PROBLEM STATEMENT
Transcribe, word for word and without additions, each line below from the one containing "pub fn count(&self) -> u64" through the one containing "assert!(rt; numbers == [12, 2, 8, 0, 3, 8, 0, 12]);", both ends included.

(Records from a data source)
++++++++
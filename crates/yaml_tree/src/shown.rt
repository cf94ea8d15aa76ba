//! What a node shows.

/// What is inside a node: its content, its items, or its entries in the order of their keys.
#[derive(Clone, Copy)]
pub enum Inside<'a, I> {
    Scalar(&'a str),
    Sequence(&'a [I]),
    Mapping(&'a [(I, I)]),
}

/// A node's tag, and what is inside it. Parts are named by ids.
#[derive(Clone, Copy)]
pub struct Shown<'a, I> {
    pub tag: &'a str,
    pub inside: Inside<'a, I>,
}
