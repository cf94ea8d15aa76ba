//! A count of visits.
ghost use Rattle.std.specs.Prelude.{◌≡◌, ◌+◌, ◌<◌, ◌^◌};
ghost use Rattle.yaml_tree.specs.Visited.{count_of};

/// How many nodes were visited. It starts at 0, and only `add` changes it, by one.
#[derive(Clone, Copy, Debug, PartialEq, Eq)]
pub struct Visits {
    count: u64,
}

impl Visits {
    /// No visits yet.
    pub fn new() -> Visits
        ensures { count_of result ≡ 0 }
    {
        Visits { count: 0 }
    }

    /// Counts one visit.
    pub fn add(&mut self)
        requires { count_of self.old < 2 ^ 63 }
        ensures { count_of self.new ≡ count_of self.old + 1 }
    {
        self.count += 1;
    }

    /// How many visits were counted.
    pub fn count(&self) -> u64
        ensures { result ≡ count_of self.now }
    {
        self.count
    }
}
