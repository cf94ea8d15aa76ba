//! Numbers of nodes.

/// The number of a node: its place among the nodes of its graph.
#[derive(Clone, Copy, Debug, PartialEq, Eq)]
pub struct NodeId(pub usize);
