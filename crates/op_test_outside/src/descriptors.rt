use op_low::{DescKind, class_fields, class_name, type_kind, type_part, type_parts, type_size};

/// A string, a record of two strings at 0 and 8, an array of three strings, and a class named TFoo with the record's fields.
const CONSTANTS: [u8; 88] = [
    1, 0, 0, 0, 4, 0, 0, 0, 0, 0, 0, 0, 4, 0, 0, 0, 12, 0, 0, 0, 2, 0, 0, 0, 0, 0, 0, 0, 0, 0, 0,
    0, 8, 0, 0, 0, 0, 0, 0, 0, 5, 0, 0, 0, 12, 0, 0, 0, 3, 0, 0, 0, 4, 0, 0, 0, 0, 0, 0, 0, 12, 0,
    0, 0, 255, 255, 255, 255, 16, 0, 0, 0, 0, 0, 0, 0, 0, 0, 0, 0, 4, 0, 0, 0, 84, 70, 111, 111,
];

// Their readers take only what is proved to be a descriptor, which bytes of a file are not.
#[test]
fn descriptors_are_read(rt: HostRuntime) {
    let constants = &CONSTANTS;
    let kinds = (
        type_kind(constants, 0),
        type_kind(constants, 12),
        type_kind(constants, 40),
    );
    assert!(rt; matches!(kinds, (DescKind::Chars, DescKind::Fields, DescKind::Repeat)));
    let field = type_part(constants, 12, 1);
    let element = type_part(constants, 40, 2);
    let numbers = [
        type_size(constants, 12),
        type_parts(constants, 12),
        field.offset,
        field.inner,
        type_parts(constants, 40),
        element.offset,
        element.inner,
        class_fields(constants, 60),
    ];
    assert!(rt; numbers == [12, 2, 8, 0, 3, 8, 0, 12]);
    assert!(rt; class_name(constants, 60) == b"TFoo".as_slice());
}
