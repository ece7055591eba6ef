//! Tests of what no file can show: a source, a sink and files in memory that fail at one call or another, or take a part, and readers
//! that ask for a proof of what they read. What a call of the built compiler answers where its files and streams fail is told by
//! `tests/outside`; all else that is only tested is data, which op_measure and the scripts of `tests/` read.
#![tactic(auto)]

#[cfg(test)]
mod descriptors;
#[cfg(test)]
mod streams;
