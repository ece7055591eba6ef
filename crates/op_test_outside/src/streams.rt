use op_base::{FileAnswer, Files, Got, MemFiles, MemSink, MemSource, Put, Sink, Source};
use std::alloc::Global;
use std::test::Fail;

#[test]
fn a_source_fails_where_it_is_told_to(rt: HostRuntime) -> Result<(), Fail> {
    let alloc = rt.alloc();
    let mut source = MemSource::new(b"abc".to_vec(alloc)?, [1].to_vec(alloc)?);
    let mut buffer = [0u8; 2];
    for (answer, taken) in [
        (Got::Gave(2), *b"ab"),
        (Got::Failed, *b"ab"),
        (Got::Gave(1), *b"cb"),
        (Got::End, *b"cb"),
    ] {
        let is_answer = source.take(&mut buffer) == answer;
        assert!(rt; is_answer && buffer == taken);
    }
    Ok(())
}

#[test]
fn a_sink_takes_a_part(rt: HostRuntime) -> Result<(), Fail> {
    let alloc = rt.alloc();
    let mut sink = MemSink::new(alloc, 5, [1].to_vec(alloc)?)?;
    let whole = sink.put(b"ab") == Put::Done;
    let failing = sink.put(b"cd") == Put::Failed;
    let part = sink.put(b"cdefg") == Put::Failed;
    assert!(rt; whole && failing && part && sink.bytes() == b"abcde".as_slice());
    Ok(())
}

/// How a read of at most three bytes is answered.
fn read(files: &mut MemFiles, alloc: Global, name: &str) -> Result<&'static str, Fail> {
    Ok(match files.read(alloc, name, 3)? {
        FileAnswer::Found(bytes) => {
            if bytes.as_slice() == b"abc".as_slice() {
                "found"
            } else {
                "other"
            }
        }
        FileAnswer::Long => "long",
        FileAnswer::Missing => "missing",
        FileAnswer::Failed => "failed",
    })
}

/// Files whose third read fails.
fn stored(alloc: Global) -> Result<MemFiles, Fail> {
    let mut files = MemFiles::new(alloc, [2].to_vec(alloc)?);
    for (name, text) in [("a", "old"), ("a", "abc"), ("b", "abcd")] {
        files.add(name, text.as_bytes().to_vec(alloc)?)?;
    }
    Ok(files)
}

#[test]
fn files_fail_or_are_missing(rt: HostRuntime) -> Result<(), Fail> {
    let alloc = rt.alloc();
    let mut files = stored(alloc)?;
    for (name, answer) in [
        ("a", "found"),
        ("b", "long"),
        ("a", "failed"),
        ("c", "missing"),
    ] {
        assert!(rt; read(&mut files, alloc, name)? == answer, "{name}");
    }
    Ok(())
}
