// The three decisions for other languages: the answer, the command and whether a frame is in flight, in one number (docs/ABI.md).
#![tactic(auto)]

ghost use Rattle.std.specs.Prelude.{◌≡◌, ◌≤◌};
ghost use Rattle.laws.specs.Said.{gives};
ghost use Rattle.abi_answers.specs.Answers.{answer_of};
ghost use Rattle.status_decisions.specs.Answers.{command_said, transmit_said, poll_said, receive_said};
ghost use Rattle.status_decisions.specs.Decisions.{transmit_of, poll_of, receive_of};
ghost use Rattle.abi_decisions.specs.Numbers.{answer_number, action_number, decided, polled};
ghost use Rattle.abi_decisions.specs.Commands.{with_transmit, with_receive};

use abi_answers::Answer;
use status_decisions::{Command, PollError, ReceiveError, TransmitError};

fn command_number(command: Command) -> u64
    ensures { (result ≡ action_number (command_said command)) × (result ≤ 3) }
{
    match command {
        Command::Nothing => 0,
        Command::Abort => 1,
        Command::WriteFrame => 2,
        Command::ReadAndRelease => 3,
    }
}

// The command goes with the answer, so one look at the answer gives both numbers.
fn transmit_number(answer: Result<(), TransmitError>) -> u64
    ensures { result ≡ decided (transmit_said answer, with_transmit (transmit_said answer)) }
{
    match answer {
        Ok(()) => 0x200,
        Err(TransmitError::WouldBlock) => 1,
        Err(TransmitError::BusOff) => 3,
        Err(TransmitError::TransmissionAborted) => 0x104,
    }
}

fn poll_number(answer: Option<Result<(), PollError>>) -> u64
    ensures { (result ≡ answer_number (poll_said answer)) × (result ≤ 5) }
{
    match answer {
        Some(Ok(())) => 0,
        None => 2,
        Some(Err(PollError::BusOff)) => 3,
        Some(Err(PollError::TransmissionAborted)) => 4,
    }
}

fn receive_number(answer: Result<(), ReceiveError>) -> u64
    ensures { result ≡ decided (receive_said answer, with_receive (receive_said answer)) }
{
    match answer {
        Ok(()) => 0x300,
        Err(ReceiveError::WouldBlock) => 1,
        Err(ReceiveError::BusOff) => 3,
        Err(ReceiveError::Overrun) => 5,
    }
}

#[unsafe(no_mangle)]
pub extern "C" fn chherbolat_transmit(status: u32, error_passive: bool) -> Answer
    ensures { result ≡ answer_of (gives (decided (transmit_of status error_passive))) }
{
    let decision = status_decisions::transmit(status, error_passive);
    abi_answers::given(transmit_number(decision.answer))
}

#[unsafe(no_mangle)]
pub extern "C" fn chherbolat_poll(status: u32, error_passive: bool, in_flight: bool) -> Answer
    ensures { result ≡ answer_of (gives (polled (poll_of status error_passive in_flight))) }
{
    let decision = status_decisions::poll(status, error_passive, in_flight);
    let number = poll_number(decision.answer) + command_number(decision.command) * 256;
    abi_answers::given(number + octets::one_bit(decision.in_flight) as u64 * 65536)
}

#[unsafe(no_mangle)]
pub extern "C" fn chherbolat_receive(status: u32) -> Answer
    ensures { result ≡ answer_of (gives (decided (receive_of status))) }
{
    let decision = status_decisions::receive(status);
    abi_answers::given(receive_number(decision.answer))
}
++++++++
TASK ANSWER
    pub fn count(&self) -> u64
        ensures { result ≡ count_of self.now }
    {
        self.count
    }
}
repository cf94ea8d15aa76ba
//! Numbers of nodes.

/// The number of a node: its place among the nodes of its graph.
#[derive(Clone, Copy, Debug, PartialEq, Eq)]
pub struct NodeId(pub usize);
filename crates/op_test_outside/src/descriptors.rt
use op_low::{DescKind, class_fields, class_name, type_kind, type_part, type_parts, type_size};

/// A string, a record of two strings at 0 and 8, an array of three strings, and a class named TFoo with the record's fields.
const CONSTANTS: [u8; 88] = [
    1, 0, 0, 0, 4, 0, 0, 0, 0, 0, 0, 0, 4, 0, 0, 0, 12, 0, 0, 0, 2, 0, 0, 0, 0, 0, 0, 0, 0, 0, 0,
    0, 8, 0, 0, 0, 0, 0, 0, 0, 5, 0, 0, 0, 12, 0, 0, 0, 3, 0, 0, 0, 4, 0, 0, 0, 0, 0, 0, 0, 12, 0,
    0, 0, 255, 255, 255, 255, 16, 0, 0, 0, 0, 0, 0, 0, 0, 0, 0, 0, 4, 0, 0, 0, 84, 70, 111, 111,
];

// Their readers take only what is proved to be a descriptor, which bytes of a file are not.
#[test]
fn descriptors_are_read(rt: HostRuntime) {
    let constants = &CONSTANTS;
    let kinds = (
        type_kind(constants, 0),
        type_kind(constants, 12),
        type_kind(constants, 40),
    );
    assert!(rt; matches!(kinds, (DescKind::Chars, DescKind::Fields, DescKind::Repeat)));
    let field = type_part(constants, 12, 1);
    let element = type_part(constants, 40, 2);
    let numbers = [
        type_size(constants, 12),
        type_parts(constants, 12),
        field.offset,
        field.inner,
        type_parts(constants, 40),
        element.offset,
        element.inner,
        class_fields(constants, 60),
    ];
    assert!(rt; numbers == [12, 2, 8, 0, 3, 8, 0, 12]);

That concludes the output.